30/11/2022
What I Learnt
I learnt about Big Data structures within companies. Such as the use of Data Warehouses and Data Lakes, programming platforms, environment setup, containerization of programs, importance of clear communication between Data Scientists and non-tech savy people. I also learnt will creating my model, common issues when training and testing models.
Data Structures Within Corporations
Based on my short experience during work experience I learnt that data is tracked and placed into a storage server of some sort and depending on the companies there may be a couple of them or there may be one. Then Data Scientists code and define models on another machine using a variety of IDEs like, JupyterLab, Visual Code Studio and even Neovim. Often on large scale server, useful for later, using their IDE of choice they code and define a model. They test it with a local sample that they have acquired, to reduce load on the Big Data platform, once they have tested that their code works they let get data from the Big Data platform and then proceed to train their model using the power of the server on which they are coding on. Using the server their models are able to train faster than on a conventional computer.

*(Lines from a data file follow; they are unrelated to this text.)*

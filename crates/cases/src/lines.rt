// Gathers lines byte by byte from pieces of a text of any size, and writes the answer to each line to standard output.

ghost use Rattle.std.specs.Prelude.{◌≡◌, ◌≤◌, length};
ghost use Rattle.base.specs.{Placed.Placed, Writing.Puts};
ghost use Rattle.cases.specs.Lines.{no_line, held_text, pushed, feeds, feeds_out, Feeding};

use base::Writer;
use std::io::{Input, Read};

// What is held of a line: its first bytes, and their number, which is 4097 for a line of more than 4096. One count says how long the
// line is and that it is too long, as it stops at 4097; an enum would say it twice.
#[derive(Drop)]
pub struct Held {
    pub bytes: [u8; 4096],
    pub len: usize,
}

impl Held {
    // No line has begun.
    pub fn new() -> Held
        ensures { result ≡ no_line }
    {
        Held {
            bytes: [0; 4096],
            len: 0,
        }
    }

    // Adds a byte to the line.
    fn push(&mut self, b: u8)
        ensures { self.new ≡ pushed self.old b }
    {
        if self.len < 4096 {
            self.bytes[self.len] = b;
            self.len += 1;
        } else {
            self.len = 4097;
        }
    }

    // Writes the answer to the line and a newline.
    #[tactic(auto, using(base::proofs::Writing::put_more), unfolding(crate::specs::Lines::held_text))]
    fn write_answer(&self, out: &mut Writer<'_, u8>)
        ensures puts { Puts out.old (held_text self.now) out.new }
        ensures short { length (held_text self.now) ≤ 3478 }
    {
        let len = self.len;
        if 4096 < len {
            text::replies::write_bad(out);
        } else {
            crate::write_answer(out, &self.bytes[..len]);
        }
        out.put(b'\n');
    }

    // Writes the answer and a newline at the buffer's start, and answers the index after them.
    fn answer(&self, out: &mut [u8]) -> usize
        ensures placed { Placed out.old 0 (held_text self.now) result out.new }
        ensures short { length (held_text self.now) ≤ 3478 }
    {
        let mut out = Writer::new(out);
        self.write_answer(&mut out);
        out.at
    }

    // Takes a byte. A newline closes the line, whose answer is written; it answers the index after it.
    #[tactic(auto, unfolding(crate::specs::Lines::fed, crate::specs::Lines::fed_out))]
    fn feed(&mut self, b: u8, out: &mut [u8]) -> Option<usize>
        ensures { Feeding self.old b out.old result self.new out.new }
    {
        if b == b'\n' {
            let n = self.answer(out);
            self.len = 0;
            return Some(n);
        }
        self.push(b);
        None
    }
}

// Answers each line that the piece closes, in order, and holds the bytes after the last newline.
#[tactic(auto, unfolding(crate::specs::Lines::feeds, crate::specs::Lines::feeds_out))]
pub fn take_piece(rt: &impl Print, piece: &[u8], held: &mut Held, out: &mut [u8])
    ensures held { held.new ≡ feeds held.old piece.now }
    ensures out { out.new ≡ feeds_out held.old out.old piece.now }
{
    for b in piece {
        if let Some(n) = held.feed(*b, out) {
            // A failed write is not reported: what is held does not depend on it.
            let _ = rt.write_all(&out[..n]);
        }
    }
}

// Answers the lines of standard input; the last line may lack its newline. A failed read counts as the end of the input.
pub fn serve(rt: &(impl Input + Print)) {
    let mut reader = rt.reader();
    let mut held = Held::new();
    let mut out = [0u8; 4096];
    let mut piece = [0u8; 65536];
    // The count bounds the loop, as every loop has to end; no input has 2 ^ 64 pieces.
    for _ in 0..u64::MAX {
        let n = reader.read(&mut piece).unwrap_or(0);
        if n == 0 {
            break;
        }
        take_piece(rt, &piece[..n], &mut held, &mut out);
    }
    if 0 < held.len {
        take_piece(rt, b"\n", &mut held, &mut out);
    }
}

Although depending on the server and size of the dataset used, some issues can arise when working with large datasets. For example if your dataset is larger than the memory on the computer you are training on or larger than the allowed quota, the preprocessing of the data can take extraordinary amount of time as the server will need to modify a part then write it to swap and repeat until it all done. This can result in a lot of wasted CPU cycles and time. Therefore systems such as Spark are used.
What is Apache Spark
Apache Spark is a program that allows several computers to join together Memory and CPU cores to allow for the mass processing of data across machines. Each machine, Node as they are referred to by Apache, stores a part of the dataset in memory and machine connected to it tells the cluster manager to do something to the data, which then tells all the nodes to do the operation. Programs can communicate to Spark in a variety of ways, being through Python, R, Scala or Java. This allows the pre-training code run faster and more effectively. Once all the transformations are performed on the data the Program/Application receives the output which it will use for training.
What Other Systems are in Place
Another Extremely popular system in Australia is from a company called H20. H2O have created a platform on which you can give it data and it will create rudimentary models with extremely high accuracy.
My Model
During my time I created a credit fraud model to detect instances of fraud.
I experienced issues with overfitting where in most cases is would just say there were no cases of fraud, and while this provided a high accuracy is barely managed to pick out 50% of fraud cases making it a relatively poor model for detecting the cases of fraud. Features in the model such as time of the transaction (unix_time), age, city population, latitude and longitude were important features within the model.